> On Feb 13, 2021, at 11:58 PM, Jed Brown <[email protected]> wrote:
>
> I usually configure --with-debugging=0 COPTFLAGS='-O2 -march=native' or
> similar. There's a tension here between optimizing aggressively for the
> current machine and making binaries that work on other machines. Most
> configure systems default to making somewhat portable binaries, so that's a
> principal of least surprise. (Though you're no novice and seem to have been
> surprised anyway.)
>
> I'd kinda prefer if we recommended making portable binaries that run-time
> detected when to use newer instructions where it matters.
How do we do this? What can we put in configure to do this.

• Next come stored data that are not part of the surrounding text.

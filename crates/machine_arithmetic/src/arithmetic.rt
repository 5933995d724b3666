// Arithmetic on words and on extension words.
ghost use Rattle.std.specs.Prelude.{◌≡◌, ◌<◌, ◌+◌};
ghost use Rattle.field.specs.Base.{p};
ghost use Rattle.field.specs.Extension.{WordsX};
ghost use Rattle.machine.specs.Words.{Words};
ghost use Rattle.machine.specs.Effect.{acts, puts};
ghost use Rattle.machine_effects.specs.EffectView.{decision_of};
ghost use Rattle.machine.specs.Arithmetic.{add_of, addi_of, mul_of, invert_of, eq_of, xst, words_x, xx_add_of, xx_mul_of, x_invert_of, xb_mul_of};

use field::base;
use field::extension::XFieldElement;
use machine::refusal::InstructionError;
use machine_effects::effect::{Decided, Effect};
use machine_isa::few::Few;
use machine_isa::op_stack::Top;

pub fn add(w: &Top) -> Decided
    requires { Words w.now.words }
    ensures { decision_of result ≡ add_of w.now.words }
{
    Ok(Effect::puts(2, Few::of([base::add(w.word(0), w.word(1))])))
}

pub fn addi(w: &Top, a: u64) -> Decided
    requires { (Words w.now.words) × (a < p) }
    ensures { decision_of result ≡ addi_of w.now.words a }
{
    Ok(Effect::puts(1, Few::of([base::add(w.word(0), a)])))
}

pub fn mul(w: &Top) -> Decided
    ensures { decision_of result ≡ mul_of w.now.words }
{
    Ok(Effect::puts(2, Few::of([base::mul(w.st(0), w.st(1))])))
}

pub fn invert(w: &Top) -> Decided
    requires { Words w.now.words }
    ensures { decision_of result ≡ invert_of w.now.words }
{
    let a = w.word(0);
    if a == 0 {
        return Err(InstructionError::InverseOfZero.into());
    }
    Ok(Effect::puts(1, Few::of([base::inverse_or_zero(a)])))
}

pub fn eq(w: &Top) -> Decided
    ensures { decision_of result ≡ eq_of w.now.words }
{
    Ok(Effect::puts(2, Few::of([u64::from(w.st(0) == w.st(1))])))
}

// The extension word in ST i to ST i + 2.
pub fn element(w: &Top, i: usize) -> XFieldElement
    requires { (Words w.now.words) × (i < 14) }
    ensures is { result ≡ xst w.now.words i }
    ensures words { WordsX result }
{
    XFieldElement {
        c0: w.word(i),
        c1: w.word(i + 1),
        c2: w.word(i + 2),
    }
}

// Takes words off and puts an extension word on.
fn put(pops: usize, x: XFieldElement) -> Decided
    ensures { decision_of result ≡ acts (puts pops (words_x x)) }
{
    Ok(Effect::puts(pops, Few::of([x.c2, x.c1, x.c0])))
}

// A sum and a product are a line each: a closure for the operation would be no shorter.
pub fn xx_add(w: &Top) -> Decided
    requires { Words w.now.words }
    ensures { decision_of result ≡ xx_add_of w.now.words }
{
    put(6, element(w, 0) + element(w, 3))
}

pub fn xx_mul(w: &Top) -> Decided
    requires { Words w.now.words }
    ensures { decision_of result ≡ xx_mul_of w.now.words }
{
    put(6, element(w, 0) * element(w, 3))
}

pub fn x_invert(w: &Top) -> Decided
    requires { Words w.now.words }
    ensures { decision_of result ≡ x_invert_of w.now.words }
{
    let x = element(w, 0);
    if x == XFieldElement::from(0) {
        return Err(InstructionError::InverseOfZero.into());
    }
    put(3, x.inverse_or_zero())
}

pub fn xb_mul(w: &Top) -> Decided
    requires { Words w.now.words }
    ensures { decision_of result ≡ xb_mul_of w.now.words }
{
    put(4, element(w, 1).scale(w.word(0)))
}
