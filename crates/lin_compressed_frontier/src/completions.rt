//! What members lead to when an operation completes: the ways of placing open updates until it can have its reply.
ghost use Rattle.std.specs.Prelude.{◌≡◌, ◌⊎◌, ◌↔◌, if◌then◌else◌, IsTrue, ◌∷◌, ◌++◌, ◌+◌, ◌*◌, ◌≤◌, [], ℕ, true, false, length, map, Contains, IfOk, IfSome, IfNone, OnOk};
ghost use Rattle.lin_events.specs.declared.calls.Reply.{Reply as ReplyOf};
ghost use Rattle.lin_members.specs.Members.{Member as MemberOf};
ghost use Rattle.lin_members.specs.declared.members.Path.{Path as PathOf};
ghost use Rattle.lin_frontier.specs.Nodes.{IsGrown};
ghost use Rattle.lin_frontier.specs.Placing.{IsTried};
ghost use Rattle.lin_members.specs.Searching.{AreBehind, AreUpdates, PlacesIfUpdate, AreHindering, CanTake, GoesAhead, IsAnswered, IsVisiting, IsFinding, IsFoundFrom, IsDone, IsOffering, IsPassed, IsSettled, GivesAny, DominatesIn, watched};
ghost use Rattle.lin_configurations.specs.Putting.{IsPutNext, IsTakenIn, IsTakenInIf};
ghost use Rattle.lin_frontier.specs.Walks.{IsTriedAtMost};

use crate::exchanges::waits_for_like;
use crate::scratch::{Scratch, empty, give_up_all};
use crate::seen::{Seen, is_found};
use lin_events::{Meter, OutOfMemory, Reply};
use lin_frontier::{Config, Open, Pending, place_if_absent};
use lin_members::{
    Member, OfferList, Offers, Path, Pool, RoundNodes, Shown, advanced, copied, may_be_watched,
    placed_at, push_member,
};
use lin_objects::SeqObject;
use lin_order::Placed;
use std::alloc::Global;
use std::hash::Hash;
use std::rc::Rc;

/// An operation that completes with the reply, and the operations that are open beside it.
#[derive(Drop)]
pub struct Completion<'a, O: SeqObject> {
    pub object: &'a O,
    pub alloc: Global,
    pub operation: &'a Open,
    pub reply: &'a Reply,
    pub pending: &'a Pending<'a>,
}

/// What placing an update makes of a member: the configuration, and the operation with its reply. The path is that of the member, the
/// offers are those behind it.
#[derive(Drop)]
struct Reached<'a, S: Eq + Hash> {
    path: Path,
    config: Config<S>,
    placed: Placed,
    offers: &'a Offers,
}

/// The path of a member, and what is on offer behind it where more can come of it.
#[derive(Drop)]
struct Onward {
    path: Path,
    offers: Option<Offers>,
}

/// Puts the value last, if it is wanted.
#[inline(always)]
pub fn push_if<S: Drop>(values: &mut Vec<S>, value: S, is_wanted: bool) -> Result<(), OutOfMemory>
    ensures { OnOk result (values.new.items ≡ (if is_wanted then values.old.items ++ value ∷ [] else values.old.items)) }
{
    if is_wanted {
        match values.push(value) {
            Ok(()) => {}
            Err(_) => return Err(OutOfMemory),
        }
    }
    Ok(())
}

/// Puts last the member of these, whose path goes on from this one by a round, which the operation begins.
#[inline(always)]
fn push_next<S: Eq + Hash + Drop>(
    alloc: Global,
    config: Config<S>,
    offers: &Offers,
    path: Path,
    placed: Placed,
    members: &mut Vec<Member<S>>,
    nodes: &mut RoundNodes,
) -> Result<(), OutOfMemory>
    ensures grown { IsGrown nodes.old nodes.new }
    ensures put { OnOk result (IsPutNext config placed offers.now path nodes.new members.old.items members.new.items) }
{
    let member = advanced(alloc, config, offers, path, placed, nodes)?;
    push_member(members, member)
}

/// The starts that a search has to note: none where nothing hinders the operation, since then it goes ahead at each.
fn starts_to_note<'s, S: Eq + Hash>(
    hindering: Option<usize>,
    starts: &'s [&'s Member<S>],
) -> &'s [&'s Member<S>] {
    match hindering {
        Some(0) => &[],
        _ => starts,
    }
}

Yes, I never paid attention to the AVX nonsense over the years and never
realized that Intel and Gnu (and hence PETSc) both compile by default for
machines I used in my twenties.
Expecting PETSc users to automatically add -march= is not realistic. I will
try to rig something up in configure where if the user does not provide march
something reasonable is selected.
Barry
>
> Barry Smith <[email protected]> writes:
>
>> Shouldn't configure be setting something appropriate for this
>> automatically? This is nuts, it means when users do a ./configure make
>> unless they pass weird arguments they sure as heck don't know about to the
>> compiler they won't get any of the glory that they expect and that has been
>> in almost all Intel systems forever.
>>
>> Barry
>>
>> I run ./configure --with-debugging=0 and I get none of the stuff added by
>> Intel for 15+ years?
>>
>>
>>> On Feb 13, 2021, at 11:26 PM, Jed Brown <[email protected]> wrote:
>>>
>>> Use -march=native or similar. The default target is basic x86_64, which has
>>> only SSE2.
>>>
>>> Barry Smith <[email protected]> writes:
>>>
>>>> PETSc source has code like defined(__AVX2__) in the source but it does not
>>>> seem to be able to find any of these macros (icc or gcc) on the petsc-02
>>>> system
>>>>
>>>> Are these macros supposed to be defined? How does on get them to be
>>>> defined? Why are they not define? What am I doing wrong?
>>>>
>>>> Keep reading
>>>>
>>>> $ lscpu
>>>> Architecture: x86_64
>>>> CPU op-mode(s): 32-bit, 64-bit
>>>> Byte Order: Little Endian
>>>> CPU(s): 64
>>>> On-line CPU(s) list: 0-63
>>>> Thread(s) per core: 2
>>>> Core(s) per socket: 16
>>>> Socket(s): 2
>>>> NUMA node(s): 2
>>>> Vendor ID: GenuineIntel
>>>> CPU family: 6
>>>> Model: 85
>>>> Model name: Intel(R) Xeon(R) Gold 5218 CPU @ 2.30GHz
>>>> Stepping: 7
>>>> CPU MHz: 1000.603
>>>> CPU max MHz: 2301.0000
>>>> CPU min MHz: 1000.0000
>>>> BogoMIPS: 4600.00
>>>> Virtualization: VT-x
>>>> L1d cache: 32K
>>>> L1i cache: 32K
>>>> L2 cache: 1024K
>>>> L3 cache: 22528K
>>>> NUMA node0 CPU(s): 0-15,32-47
>>>> NUMA node1 CPU(s): 16-31,48-63
>>>> Flags: fpu vme de pse tsc msr pae mce cx8 apic sep mtrr pge
>>>> mca cmov pat pse36 clflush dts acpi mmx fxsr sse sse2 ss ht tm pbe syscall
>>>> nx pdpe1gb rdtscp lm constant_tsc art arch_perfmon pebs bts rep_good nopl
>>>> xtopology nonstop_tsc cpuid aperfmperf pni pclmulqdq dtes64 monitor ds_cpl
>>>> vmx smx est tm2 ssse3 sdbg fma cx16 xtpr pdcm pcid dca sse4_1 sse4_2
>>>> x2apic movbe popcnt tsc_deadline_timer aes xsave avx f16c rdrand lahf_lm
>>>> abm 3dnowprefetch cpuid_fault epb cat_l3 cdp_l3 invpcid_single intel_ppin
>>>> ssbd mba ibrs ibpb stibp ibrs_enhanced tpr_shadow vnmi flexpriority ept
>>>> vpid fsgsbase tsc_adjust bmi1 avx2 smep bmi2 erms invpcid cqm mpx rdt_a
>>>> avx512f avx512dq rdseed adx smap clflushopt clwb intel_pt avx512cd
>>>> avx512bw avx512vl xsaveopt xsavec xgetbv1 xsaves cqm_llc cqm_occup_llc
>>>> cqm_mbm_total cqm_mbm_local dtherm ida arat pln pts pku ospke avx512_vnni
>>>> md_clear flush_l1d arch_capabilities
>>>>
>>>> Test program
>>>>
>>>> #if defined(__FMA__)
>>>> #error FMA
>>>> #endif
>>>>
>>>> #if defined(__AVX512F__)
>>>> #error AVX512F
>>>> #endif
>>>>
>>>> #if defined(__AVX2__)
>>>> #error AVX2
>>>> #endif
>>>>
>>>>
>>>> icc mytest.c
>>>> /usr/lib/gcc/x86_64-linux-gnu/7/../../../x86_64-linux-gnu/Scrt1.o: In
>>>> function `_start':
>>>> (.text+0x20): undefined reference to `main'